--- TASK TO CARRY OUT ---
Each line in the entries below that holds the string "nothing" is to be listed.

• • • • •

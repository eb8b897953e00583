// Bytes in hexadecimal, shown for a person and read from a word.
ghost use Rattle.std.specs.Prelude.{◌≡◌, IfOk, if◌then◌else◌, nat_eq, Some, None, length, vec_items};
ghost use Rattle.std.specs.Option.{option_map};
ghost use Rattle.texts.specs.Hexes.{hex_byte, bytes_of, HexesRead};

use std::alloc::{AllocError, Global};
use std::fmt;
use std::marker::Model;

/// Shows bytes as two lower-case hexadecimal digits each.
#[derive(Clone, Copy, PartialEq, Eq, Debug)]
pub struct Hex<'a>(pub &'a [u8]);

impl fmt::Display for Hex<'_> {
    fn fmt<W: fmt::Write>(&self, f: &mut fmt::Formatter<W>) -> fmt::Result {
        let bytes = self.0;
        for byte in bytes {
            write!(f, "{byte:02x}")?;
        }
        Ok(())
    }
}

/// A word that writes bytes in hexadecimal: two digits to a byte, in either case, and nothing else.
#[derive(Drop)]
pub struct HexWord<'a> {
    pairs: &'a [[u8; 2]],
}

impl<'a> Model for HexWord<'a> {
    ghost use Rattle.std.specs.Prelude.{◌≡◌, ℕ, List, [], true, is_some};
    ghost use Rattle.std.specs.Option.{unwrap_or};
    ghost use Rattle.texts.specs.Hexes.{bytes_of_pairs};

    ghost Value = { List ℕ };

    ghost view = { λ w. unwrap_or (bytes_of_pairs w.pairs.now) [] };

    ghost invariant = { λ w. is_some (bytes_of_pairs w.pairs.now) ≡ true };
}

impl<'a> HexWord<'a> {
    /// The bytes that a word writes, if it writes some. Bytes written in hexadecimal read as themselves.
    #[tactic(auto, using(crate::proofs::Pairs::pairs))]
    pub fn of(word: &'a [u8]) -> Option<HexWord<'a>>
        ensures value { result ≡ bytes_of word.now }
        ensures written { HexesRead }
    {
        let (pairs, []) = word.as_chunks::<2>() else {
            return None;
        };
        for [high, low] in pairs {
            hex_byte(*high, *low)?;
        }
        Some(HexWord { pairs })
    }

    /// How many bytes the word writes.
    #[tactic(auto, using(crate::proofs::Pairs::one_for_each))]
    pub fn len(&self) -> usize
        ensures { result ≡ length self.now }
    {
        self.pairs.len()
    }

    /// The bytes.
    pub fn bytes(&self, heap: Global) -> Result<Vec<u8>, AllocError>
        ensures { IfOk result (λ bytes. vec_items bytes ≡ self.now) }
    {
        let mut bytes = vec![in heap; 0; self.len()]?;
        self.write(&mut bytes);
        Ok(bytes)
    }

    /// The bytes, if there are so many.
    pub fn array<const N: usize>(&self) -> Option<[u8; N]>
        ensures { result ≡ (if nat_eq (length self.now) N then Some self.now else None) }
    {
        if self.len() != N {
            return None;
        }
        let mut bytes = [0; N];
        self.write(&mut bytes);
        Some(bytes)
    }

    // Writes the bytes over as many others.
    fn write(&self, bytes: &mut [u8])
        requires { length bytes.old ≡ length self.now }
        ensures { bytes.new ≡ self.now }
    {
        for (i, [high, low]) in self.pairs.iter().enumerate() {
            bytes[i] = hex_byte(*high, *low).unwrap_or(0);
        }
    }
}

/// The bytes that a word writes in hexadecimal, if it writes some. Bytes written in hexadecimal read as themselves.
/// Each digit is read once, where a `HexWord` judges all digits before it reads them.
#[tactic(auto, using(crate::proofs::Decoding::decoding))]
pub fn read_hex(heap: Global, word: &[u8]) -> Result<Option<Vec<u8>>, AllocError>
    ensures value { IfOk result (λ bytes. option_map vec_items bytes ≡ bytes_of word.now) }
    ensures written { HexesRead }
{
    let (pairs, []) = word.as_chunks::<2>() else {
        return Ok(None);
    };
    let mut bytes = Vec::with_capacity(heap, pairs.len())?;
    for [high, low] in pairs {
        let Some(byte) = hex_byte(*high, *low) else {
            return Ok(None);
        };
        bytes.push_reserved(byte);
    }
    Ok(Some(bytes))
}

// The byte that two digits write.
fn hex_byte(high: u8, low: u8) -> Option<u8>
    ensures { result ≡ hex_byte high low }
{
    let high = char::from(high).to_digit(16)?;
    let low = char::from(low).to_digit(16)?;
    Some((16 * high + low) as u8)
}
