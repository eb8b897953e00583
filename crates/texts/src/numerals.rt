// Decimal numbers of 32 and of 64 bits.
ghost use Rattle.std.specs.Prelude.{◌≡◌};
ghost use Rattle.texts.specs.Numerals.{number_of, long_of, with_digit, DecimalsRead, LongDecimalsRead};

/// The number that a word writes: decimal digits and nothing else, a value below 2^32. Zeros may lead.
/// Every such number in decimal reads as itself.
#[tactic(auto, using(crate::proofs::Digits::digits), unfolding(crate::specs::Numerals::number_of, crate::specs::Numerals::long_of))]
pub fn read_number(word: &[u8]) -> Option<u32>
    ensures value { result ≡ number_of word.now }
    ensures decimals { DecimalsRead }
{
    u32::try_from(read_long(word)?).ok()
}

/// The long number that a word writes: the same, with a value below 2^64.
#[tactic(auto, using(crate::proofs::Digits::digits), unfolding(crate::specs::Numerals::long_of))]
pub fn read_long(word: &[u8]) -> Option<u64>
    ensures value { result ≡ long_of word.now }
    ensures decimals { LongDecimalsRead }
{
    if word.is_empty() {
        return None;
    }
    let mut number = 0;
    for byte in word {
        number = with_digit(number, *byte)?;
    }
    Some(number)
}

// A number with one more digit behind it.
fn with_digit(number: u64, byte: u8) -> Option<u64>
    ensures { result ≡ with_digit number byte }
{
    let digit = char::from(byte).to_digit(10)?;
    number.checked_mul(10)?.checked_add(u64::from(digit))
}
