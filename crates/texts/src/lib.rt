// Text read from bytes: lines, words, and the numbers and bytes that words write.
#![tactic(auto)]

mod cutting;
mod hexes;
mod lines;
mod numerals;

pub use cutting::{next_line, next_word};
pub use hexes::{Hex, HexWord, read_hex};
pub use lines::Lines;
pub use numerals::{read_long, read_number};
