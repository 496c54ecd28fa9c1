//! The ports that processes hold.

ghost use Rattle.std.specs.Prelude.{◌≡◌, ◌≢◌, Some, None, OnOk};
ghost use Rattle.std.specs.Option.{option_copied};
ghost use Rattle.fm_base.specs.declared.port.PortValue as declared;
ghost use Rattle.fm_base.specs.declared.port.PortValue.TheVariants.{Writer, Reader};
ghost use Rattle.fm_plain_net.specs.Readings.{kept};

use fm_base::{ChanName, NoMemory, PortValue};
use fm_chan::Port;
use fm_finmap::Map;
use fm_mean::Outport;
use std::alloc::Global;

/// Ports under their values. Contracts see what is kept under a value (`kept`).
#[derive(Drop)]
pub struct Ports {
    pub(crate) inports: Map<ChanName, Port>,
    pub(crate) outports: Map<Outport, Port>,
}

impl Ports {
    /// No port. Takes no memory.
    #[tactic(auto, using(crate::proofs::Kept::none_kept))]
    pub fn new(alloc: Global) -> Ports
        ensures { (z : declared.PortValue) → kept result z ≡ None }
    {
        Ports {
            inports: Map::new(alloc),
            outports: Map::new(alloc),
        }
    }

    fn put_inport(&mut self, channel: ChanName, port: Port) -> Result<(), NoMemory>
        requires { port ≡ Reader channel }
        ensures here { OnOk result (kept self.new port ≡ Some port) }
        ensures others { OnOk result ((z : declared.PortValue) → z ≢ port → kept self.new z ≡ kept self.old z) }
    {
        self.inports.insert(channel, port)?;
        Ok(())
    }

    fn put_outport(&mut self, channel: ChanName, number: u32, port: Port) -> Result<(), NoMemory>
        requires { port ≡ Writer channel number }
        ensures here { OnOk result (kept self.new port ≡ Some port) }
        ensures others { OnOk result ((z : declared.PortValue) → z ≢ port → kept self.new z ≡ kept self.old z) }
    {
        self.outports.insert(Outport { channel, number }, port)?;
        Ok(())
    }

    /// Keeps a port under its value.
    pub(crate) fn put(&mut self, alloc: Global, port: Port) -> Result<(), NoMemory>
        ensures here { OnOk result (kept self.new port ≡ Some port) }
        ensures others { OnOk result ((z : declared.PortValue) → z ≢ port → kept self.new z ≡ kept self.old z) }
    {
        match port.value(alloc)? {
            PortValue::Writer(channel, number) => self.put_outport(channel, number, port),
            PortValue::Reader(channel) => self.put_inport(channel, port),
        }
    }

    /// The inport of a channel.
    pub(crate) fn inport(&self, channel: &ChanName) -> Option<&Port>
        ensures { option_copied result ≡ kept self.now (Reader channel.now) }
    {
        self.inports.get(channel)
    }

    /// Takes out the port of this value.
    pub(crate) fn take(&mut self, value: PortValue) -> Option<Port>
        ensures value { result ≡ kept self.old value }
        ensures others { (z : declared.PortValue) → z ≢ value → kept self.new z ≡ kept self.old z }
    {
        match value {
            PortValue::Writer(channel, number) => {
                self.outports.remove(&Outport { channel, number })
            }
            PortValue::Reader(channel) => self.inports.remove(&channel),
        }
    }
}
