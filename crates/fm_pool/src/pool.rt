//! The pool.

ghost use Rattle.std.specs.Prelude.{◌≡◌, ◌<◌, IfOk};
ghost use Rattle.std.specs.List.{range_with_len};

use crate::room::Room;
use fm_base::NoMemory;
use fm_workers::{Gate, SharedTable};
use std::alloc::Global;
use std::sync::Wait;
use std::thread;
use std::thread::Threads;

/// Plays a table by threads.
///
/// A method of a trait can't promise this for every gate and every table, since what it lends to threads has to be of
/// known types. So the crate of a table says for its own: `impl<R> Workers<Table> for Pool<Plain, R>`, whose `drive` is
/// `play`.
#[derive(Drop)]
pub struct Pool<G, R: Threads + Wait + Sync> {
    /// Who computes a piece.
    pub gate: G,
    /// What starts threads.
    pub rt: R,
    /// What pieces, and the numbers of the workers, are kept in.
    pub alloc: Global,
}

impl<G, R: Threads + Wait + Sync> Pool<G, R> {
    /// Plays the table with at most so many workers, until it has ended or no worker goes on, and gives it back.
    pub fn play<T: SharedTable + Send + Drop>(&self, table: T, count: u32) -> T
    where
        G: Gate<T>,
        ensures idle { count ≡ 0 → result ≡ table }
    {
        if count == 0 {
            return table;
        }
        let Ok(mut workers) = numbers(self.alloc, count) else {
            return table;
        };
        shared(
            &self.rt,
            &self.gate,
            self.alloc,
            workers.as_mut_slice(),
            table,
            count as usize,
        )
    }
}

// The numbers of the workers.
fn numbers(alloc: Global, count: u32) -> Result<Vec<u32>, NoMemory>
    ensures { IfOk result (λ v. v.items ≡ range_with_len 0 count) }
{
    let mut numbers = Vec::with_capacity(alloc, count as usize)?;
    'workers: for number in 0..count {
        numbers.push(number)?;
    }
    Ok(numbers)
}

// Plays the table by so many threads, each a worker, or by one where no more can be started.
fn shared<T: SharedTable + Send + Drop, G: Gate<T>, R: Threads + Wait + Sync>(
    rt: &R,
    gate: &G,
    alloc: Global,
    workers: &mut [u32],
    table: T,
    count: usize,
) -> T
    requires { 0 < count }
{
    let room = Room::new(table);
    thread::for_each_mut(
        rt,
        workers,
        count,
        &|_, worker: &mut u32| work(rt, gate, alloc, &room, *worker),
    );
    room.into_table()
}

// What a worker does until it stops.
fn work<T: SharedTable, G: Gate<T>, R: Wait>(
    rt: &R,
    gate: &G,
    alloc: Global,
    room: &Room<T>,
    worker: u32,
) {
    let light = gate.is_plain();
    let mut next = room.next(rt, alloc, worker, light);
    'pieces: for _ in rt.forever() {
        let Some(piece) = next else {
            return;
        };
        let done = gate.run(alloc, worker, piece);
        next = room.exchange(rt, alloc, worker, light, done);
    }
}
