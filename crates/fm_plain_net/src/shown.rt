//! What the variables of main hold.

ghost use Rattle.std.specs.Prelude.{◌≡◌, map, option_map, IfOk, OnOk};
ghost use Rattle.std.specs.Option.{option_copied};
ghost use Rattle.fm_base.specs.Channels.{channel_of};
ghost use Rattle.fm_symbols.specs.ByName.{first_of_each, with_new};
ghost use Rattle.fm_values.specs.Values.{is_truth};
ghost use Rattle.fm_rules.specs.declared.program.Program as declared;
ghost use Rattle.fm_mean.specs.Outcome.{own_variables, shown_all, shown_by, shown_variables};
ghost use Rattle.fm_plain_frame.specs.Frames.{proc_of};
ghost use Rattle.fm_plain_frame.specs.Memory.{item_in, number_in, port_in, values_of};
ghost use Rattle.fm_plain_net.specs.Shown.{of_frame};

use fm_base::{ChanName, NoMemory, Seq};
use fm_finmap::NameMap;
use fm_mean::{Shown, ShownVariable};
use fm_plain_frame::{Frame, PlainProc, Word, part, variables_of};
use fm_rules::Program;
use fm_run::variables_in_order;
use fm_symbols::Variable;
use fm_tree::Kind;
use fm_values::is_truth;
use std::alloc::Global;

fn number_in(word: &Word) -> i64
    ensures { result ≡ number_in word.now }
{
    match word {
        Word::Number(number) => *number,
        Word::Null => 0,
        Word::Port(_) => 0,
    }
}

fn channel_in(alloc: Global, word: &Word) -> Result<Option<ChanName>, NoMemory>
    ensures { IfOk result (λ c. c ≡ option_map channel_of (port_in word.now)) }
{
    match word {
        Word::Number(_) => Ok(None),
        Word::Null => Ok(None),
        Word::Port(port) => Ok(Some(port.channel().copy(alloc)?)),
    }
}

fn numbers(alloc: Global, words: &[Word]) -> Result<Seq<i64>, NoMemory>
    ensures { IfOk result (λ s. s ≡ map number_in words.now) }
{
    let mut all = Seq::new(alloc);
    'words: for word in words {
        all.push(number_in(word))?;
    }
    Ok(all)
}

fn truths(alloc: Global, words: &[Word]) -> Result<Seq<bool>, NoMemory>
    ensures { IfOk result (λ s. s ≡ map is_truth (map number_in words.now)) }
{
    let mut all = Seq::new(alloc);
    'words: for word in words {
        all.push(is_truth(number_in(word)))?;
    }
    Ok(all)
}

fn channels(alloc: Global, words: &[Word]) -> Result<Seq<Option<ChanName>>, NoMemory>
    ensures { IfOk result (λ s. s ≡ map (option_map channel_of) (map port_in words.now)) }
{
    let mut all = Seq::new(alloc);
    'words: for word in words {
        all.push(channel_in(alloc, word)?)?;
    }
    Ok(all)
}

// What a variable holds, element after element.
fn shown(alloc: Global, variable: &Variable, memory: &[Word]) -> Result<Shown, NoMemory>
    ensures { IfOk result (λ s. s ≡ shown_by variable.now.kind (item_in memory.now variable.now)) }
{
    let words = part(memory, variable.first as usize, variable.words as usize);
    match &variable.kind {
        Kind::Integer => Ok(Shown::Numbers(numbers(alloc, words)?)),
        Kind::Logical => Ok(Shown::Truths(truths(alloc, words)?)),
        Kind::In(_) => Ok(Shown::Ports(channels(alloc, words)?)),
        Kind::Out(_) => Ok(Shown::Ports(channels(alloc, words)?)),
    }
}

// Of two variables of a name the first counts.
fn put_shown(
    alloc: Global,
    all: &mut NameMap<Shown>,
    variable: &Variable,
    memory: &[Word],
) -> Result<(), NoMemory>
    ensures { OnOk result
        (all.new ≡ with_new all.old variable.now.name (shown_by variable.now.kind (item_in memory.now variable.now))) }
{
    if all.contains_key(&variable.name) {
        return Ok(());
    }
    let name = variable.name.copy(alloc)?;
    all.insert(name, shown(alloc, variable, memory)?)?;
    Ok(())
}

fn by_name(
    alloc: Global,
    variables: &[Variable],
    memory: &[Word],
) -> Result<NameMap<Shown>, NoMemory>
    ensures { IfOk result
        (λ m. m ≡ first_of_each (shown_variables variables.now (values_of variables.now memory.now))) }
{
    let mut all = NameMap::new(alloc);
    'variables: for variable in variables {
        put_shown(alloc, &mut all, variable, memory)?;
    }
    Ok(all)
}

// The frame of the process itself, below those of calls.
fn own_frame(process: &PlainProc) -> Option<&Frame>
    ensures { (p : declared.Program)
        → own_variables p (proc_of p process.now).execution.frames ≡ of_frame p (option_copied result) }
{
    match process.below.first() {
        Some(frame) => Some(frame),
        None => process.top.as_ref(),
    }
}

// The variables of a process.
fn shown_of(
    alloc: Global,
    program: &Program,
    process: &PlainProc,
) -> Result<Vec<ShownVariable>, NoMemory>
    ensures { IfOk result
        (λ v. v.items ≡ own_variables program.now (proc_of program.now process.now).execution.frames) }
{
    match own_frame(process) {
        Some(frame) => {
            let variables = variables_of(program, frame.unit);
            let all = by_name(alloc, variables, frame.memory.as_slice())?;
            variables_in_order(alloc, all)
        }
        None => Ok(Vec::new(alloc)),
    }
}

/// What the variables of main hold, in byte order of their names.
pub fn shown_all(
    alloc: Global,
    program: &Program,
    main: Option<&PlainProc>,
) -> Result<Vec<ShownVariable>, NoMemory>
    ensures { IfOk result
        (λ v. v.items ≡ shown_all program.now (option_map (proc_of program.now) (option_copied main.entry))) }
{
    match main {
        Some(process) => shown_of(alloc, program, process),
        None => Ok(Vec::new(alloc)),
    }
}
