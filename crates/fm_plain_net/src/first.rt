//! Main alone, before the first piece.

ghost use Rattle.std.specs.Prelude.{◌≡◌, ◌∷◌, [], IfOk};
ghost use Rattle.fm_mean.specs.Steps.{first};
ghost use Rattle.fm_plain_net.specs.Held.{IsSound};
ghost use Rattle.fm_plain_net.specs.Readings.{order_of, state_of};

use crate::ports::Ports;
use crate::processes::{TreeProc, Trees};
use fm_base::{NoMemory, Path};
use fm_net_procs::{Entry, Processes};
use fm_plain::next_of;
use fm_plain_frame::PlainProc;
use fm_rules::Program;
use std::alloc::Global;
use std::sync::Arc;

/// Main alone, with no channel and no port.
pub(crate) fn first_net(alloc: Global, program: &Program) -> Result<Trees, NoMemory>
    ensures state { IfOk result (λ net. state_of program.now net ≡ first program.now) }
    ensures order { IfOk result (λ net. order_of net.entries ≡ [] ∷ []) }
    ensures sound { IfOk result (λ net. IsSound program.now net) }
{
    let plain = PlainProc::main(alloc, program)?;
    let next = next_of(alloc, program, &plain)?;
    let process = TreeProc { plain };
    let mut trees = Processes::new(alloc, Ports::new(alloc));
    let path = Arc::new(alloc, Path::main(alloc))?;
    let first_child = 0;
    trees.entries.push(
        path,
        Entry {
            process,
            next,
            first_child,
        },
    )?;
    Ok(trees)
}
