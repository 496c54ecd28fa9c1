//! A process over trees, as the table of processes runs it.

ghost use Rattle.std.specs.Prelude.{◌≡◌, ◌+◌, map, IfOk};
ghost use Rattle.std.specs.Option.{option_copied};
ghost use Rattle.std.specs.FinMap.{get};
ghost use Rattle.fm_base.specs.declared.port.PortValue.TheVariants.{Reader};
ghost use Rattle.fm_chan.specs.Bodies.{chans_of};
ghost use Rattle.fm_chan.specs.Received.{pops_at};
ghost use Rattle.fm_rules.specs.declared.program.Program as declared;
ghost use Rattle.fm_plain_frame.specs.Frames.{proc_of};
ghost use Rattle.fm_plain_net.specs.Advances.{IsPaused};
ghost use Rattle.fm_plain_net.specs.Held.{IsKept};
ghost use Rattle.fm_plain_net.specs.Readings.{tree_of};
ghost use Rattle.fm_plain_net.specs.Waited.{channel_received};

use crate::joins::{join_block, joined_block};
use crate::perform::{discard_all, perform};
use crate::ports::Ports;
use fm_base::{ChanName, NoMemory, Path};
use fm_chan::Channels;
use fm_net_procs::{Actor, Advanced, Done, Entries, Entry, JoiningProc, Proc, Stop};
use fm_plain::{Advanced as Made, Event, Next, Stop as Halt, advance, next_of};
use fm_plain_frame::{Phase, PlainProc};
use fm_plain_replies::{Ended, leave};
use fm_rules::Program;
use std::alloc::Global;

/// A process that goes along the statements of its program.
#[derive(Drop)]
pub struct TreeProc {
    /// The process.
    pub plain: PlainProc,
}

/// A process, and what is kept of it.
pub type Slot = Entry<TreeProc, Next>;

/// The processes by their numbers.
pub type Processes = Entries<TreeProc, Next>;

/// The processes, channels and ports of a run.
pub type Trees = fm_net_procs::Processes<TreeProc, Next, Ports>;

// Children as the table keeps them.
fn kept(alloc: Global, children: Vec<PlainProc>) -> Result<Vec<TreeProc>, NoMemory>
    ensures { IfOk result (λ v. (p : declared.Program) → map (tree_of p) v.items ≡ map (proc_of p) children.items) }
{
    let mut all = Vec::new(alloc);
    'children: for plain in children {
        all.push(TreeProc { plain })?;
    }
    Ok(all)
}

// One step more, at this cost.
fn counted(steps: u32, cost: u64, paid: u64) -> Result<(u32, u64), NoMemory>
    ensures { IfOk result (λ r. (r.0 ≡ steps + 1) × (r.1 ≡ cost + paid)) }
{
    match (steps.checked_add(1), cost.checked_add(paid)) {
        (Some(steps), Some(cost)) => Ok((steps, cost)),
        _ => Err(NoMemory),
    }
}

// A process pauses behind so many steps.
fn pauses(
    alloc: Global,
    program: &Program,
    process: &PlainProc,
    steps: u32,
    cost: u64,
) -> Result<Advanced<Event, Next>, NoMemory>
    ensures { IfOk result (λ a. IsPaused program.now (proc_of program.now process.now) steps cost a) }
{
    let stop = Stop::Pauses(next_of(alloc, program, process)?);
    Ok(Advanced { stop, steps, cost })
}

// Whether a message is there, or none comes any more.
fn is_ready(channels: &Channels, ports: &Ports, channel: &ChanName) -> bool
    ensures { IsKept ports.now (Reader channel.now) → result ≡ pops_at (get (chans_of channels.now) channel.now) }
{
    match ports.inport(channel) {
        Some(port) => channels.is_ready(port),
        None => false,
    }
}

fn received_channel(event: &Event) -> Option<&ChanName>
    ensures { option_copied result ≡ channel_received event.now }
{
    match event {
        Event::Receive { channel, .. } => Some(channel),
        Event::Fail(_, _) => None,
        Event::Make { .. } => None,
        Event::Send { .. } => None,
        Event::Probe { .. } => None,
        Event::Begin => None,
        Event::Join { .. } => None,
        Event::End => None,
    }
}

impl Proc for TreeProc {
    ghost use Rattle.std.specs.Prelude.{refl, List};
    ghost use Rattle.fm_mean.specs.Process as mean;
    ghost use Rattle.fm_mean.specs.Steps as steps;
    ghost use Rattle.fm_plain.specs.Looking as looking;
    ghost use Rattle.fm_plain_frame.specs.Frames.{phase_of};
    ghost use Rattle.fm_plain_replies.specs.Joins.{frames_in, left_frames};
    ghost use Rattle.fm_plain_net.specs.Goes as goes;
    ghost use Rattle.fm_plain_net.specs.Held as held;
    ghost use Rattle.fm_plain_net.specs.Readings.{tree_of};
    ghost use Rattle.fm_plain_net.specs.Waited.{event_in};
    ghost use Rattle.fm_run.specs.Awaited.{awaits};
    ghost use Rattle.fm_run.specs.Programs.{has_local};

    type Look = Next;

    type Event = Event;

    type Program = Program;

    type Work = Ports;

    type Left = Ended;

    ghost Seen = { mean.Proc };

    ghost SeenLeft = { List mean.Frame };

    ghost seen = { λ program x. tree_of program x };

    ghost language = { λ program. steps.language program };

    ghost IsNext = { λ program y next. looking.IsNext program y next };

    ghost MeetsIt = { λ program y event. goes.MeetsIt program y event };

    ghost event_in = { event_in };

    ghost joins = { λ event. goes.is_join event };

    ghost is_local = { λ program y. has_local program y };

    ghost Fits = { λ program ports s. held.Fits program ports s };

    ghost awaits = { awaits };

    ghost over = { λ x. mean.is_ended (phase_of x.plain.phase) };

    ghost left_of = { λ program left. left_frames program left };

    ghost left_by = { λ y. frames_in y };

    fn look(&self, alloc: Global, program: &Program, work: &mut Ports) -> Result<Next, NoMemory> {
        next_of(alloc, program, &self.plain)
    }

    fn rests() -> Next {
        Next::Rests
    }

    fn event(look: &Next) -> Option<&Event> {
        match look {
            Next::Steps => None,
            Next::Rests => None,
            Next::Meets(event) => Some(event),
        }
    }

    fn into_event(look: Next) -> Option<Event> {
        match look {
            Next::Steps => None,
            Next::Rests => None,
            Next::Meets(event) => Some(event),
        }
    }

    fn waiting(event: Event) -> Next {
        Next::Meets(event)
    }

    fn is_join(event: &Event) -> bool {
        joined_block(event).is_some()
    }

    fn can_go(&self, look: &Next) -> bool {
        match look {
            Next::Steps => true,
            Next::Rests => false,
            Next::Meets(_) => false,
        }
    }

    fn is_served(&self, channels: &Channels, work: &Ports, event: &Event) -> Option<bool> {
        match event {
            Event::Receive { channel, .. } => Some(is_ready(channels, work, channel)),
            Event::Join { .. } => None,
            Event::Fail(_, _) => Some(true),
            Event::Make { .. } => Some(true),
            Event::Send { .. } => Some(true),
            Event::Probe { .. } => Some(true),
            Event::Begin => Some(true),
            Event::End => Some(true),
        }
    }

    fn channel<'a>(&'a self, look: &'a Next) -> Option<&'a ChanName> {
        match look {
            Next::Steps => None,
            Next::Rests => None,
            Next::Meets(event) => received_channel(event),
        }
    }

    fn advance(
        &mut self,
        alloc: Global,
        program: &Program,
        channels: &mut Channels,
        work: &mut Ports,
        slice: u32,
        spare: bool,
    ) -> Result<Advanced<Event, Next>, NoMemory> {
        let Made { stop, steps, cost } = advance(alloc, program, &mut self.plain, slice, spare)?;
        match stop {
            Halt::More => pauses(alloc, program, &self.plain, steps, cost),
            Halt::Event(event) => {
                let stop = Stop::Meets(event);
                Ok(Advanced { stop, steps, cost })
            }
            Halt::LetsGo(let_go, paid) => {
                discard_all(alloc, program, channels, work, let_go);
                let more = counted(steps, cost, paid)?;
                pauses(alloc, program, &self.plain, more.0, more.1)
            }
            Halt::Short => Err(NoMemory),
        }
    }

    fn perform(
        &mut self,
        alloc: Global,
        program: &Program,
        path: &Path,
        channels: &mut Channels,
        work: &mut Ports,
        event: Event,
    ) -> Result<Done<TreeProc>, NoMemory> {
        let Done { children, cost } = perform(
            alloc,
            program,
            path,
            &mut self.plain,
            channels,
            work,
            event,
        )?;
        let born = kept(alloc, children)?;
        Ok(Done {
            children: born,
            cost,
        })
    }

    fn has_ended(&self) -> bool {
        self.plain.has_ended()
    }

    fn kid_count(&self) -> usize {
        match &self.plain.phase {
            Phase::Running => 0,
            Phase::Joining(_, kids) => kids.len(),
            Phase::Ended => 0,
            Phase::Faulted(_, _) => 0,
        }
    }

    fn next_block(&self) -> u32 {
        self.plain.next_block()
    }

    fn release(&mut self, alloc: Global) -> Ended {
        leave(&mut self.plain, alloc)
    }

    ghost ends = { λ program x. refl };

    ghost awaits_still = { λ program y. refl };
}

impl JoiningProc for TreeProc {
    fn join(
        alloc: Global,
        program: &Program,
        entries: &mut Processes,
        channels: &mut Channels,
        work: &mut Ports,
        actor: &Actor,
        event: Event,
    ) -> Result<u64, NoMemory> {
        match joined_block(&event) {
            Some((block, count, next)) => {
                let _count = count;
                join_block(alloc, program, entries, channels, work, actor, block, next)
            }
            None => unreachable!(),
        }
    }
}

• • • • •

--- ANSWER SPACE ---
/// A word that writes bytes in hexadecimal: two digits to a byte, in either case, and nothing else.
/// The number that a word writes: decimal digits and nothing else, a value below 2^32. Zeros may lead.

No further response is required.